Exercise aim: For the data below, report how many lines contain the string "Question" and write nothing more.

*** Record extracts ***

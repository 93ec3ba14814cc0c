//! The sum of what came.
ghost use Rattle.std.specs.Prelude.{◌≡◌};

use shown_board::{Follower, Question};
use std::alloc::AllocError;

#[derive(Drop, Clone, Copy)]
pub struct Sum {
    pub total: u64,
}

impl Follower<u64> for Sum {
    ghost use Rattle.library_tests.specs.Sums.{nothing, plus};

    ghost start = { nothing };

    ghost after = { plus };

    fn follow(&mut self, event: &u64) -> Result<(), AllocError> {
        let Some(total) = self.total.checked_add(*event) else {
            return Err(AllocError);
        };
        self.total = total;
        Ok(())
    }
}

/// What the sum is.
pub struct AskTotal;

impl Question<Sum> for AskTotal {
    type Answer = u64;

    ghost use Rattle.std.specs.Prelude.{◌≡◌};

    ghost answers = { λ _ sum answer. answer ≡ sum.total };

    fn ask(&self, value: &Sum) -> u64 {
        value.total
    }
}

*** End of Record extracts ***
*** Record extracts ***

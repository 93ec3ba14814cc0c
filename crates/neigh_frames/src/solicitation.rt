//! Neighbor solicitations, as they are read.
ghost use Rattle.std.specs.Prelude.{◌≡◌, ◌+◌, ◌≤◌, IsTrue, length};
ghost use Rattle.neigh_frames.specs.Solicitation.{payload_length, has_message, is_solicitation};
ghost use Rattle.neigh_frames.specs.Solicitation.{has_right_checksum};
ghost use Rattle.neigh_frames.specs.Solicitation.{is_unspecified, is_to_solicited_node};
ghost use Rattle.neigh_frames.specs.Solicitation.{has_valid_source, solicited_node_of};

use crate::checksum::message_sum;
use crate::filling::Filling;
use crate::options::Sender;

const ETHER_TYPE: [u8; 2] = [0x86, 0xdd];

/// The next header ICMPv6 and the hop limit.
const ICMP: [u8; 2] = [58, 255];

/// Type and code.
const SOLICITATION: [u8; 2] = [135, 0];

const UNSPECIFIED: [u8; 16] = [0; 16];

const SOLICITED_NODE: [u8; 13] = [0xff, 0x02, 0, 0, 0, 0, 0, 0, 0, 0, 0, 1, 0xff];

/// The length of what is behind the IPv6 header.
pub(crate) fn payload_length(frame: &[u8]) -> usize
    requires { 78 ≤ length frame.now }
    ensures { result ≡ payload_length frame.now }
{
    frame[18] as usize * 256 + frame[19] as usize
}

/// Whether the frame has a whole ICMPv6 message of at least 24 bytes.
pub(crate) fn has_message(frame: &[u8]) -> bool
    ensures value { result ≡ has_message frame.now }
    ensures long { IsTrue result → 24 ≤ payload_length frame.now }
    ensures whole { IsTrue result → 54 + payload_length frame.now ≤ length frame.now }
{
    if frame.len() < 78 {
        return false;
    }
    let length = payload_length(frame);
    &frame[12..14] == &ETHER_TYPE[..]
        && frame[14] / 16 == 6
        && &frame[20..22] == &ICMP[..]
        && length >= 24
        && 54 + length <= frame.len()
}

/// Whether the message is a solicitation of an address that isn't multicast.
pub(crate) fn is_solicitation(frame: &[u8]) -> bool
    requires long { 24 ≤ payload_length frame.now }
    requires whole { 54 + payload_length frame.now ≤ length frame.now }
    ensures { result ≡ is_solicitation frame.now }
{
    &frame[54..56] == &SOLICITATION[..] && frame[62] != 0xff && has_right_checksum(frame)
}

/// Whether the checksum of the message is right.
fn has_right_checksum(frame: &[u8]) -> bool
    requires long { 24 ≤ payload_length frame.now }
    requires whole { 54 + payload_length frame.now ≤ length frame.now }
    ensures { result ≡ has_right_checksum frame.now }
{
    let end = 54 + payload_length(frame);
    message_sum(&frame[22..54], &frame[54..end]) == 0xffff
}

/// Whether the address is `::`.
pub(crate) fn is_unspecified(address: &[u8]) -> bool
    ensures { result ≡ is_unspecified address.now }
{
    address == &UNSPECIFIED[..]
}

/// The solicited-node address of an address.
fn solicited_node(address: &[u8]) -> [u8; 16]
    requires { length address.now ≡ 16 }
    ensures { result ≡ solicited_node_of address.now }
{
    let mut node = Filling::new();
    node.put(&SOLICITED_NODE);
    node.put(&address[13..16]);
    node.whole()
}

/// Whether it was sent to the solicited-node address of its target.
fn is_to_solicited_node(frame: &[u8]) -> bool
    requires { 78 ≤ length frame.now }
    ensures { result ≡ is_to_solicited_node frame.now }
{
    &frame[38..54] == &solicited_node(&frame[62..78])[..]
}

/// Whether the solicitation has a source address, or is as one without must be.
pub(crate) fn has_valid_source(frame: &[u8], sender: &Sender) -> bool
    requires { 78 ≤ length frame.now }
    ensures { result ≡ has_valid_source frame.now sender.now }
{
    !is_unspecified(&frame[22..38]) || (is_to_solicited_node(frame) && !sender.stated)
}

*** End of Record extracts ***
*** Record extracts ***

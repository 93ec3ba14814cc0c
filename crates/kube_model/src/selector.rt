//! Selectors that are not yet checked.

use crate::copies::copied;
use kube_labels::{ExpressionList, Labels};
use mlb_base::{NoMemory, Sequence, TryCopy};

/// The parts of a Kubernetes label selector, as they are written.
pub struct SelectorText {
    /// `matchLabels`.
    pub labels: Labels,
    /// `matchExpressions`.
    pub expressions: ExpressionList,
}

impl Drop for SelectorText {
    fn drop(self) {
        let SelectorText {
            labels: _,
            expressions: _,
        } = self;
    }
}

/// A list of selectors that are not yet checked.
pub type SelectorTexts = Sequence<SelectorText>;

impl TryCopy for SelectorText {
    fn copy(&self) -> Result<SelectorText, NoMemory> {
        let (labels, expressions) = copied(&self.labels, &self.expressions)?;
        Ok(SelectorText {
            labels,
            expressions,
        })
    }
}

*** End of Record extracts ***

Response area: 2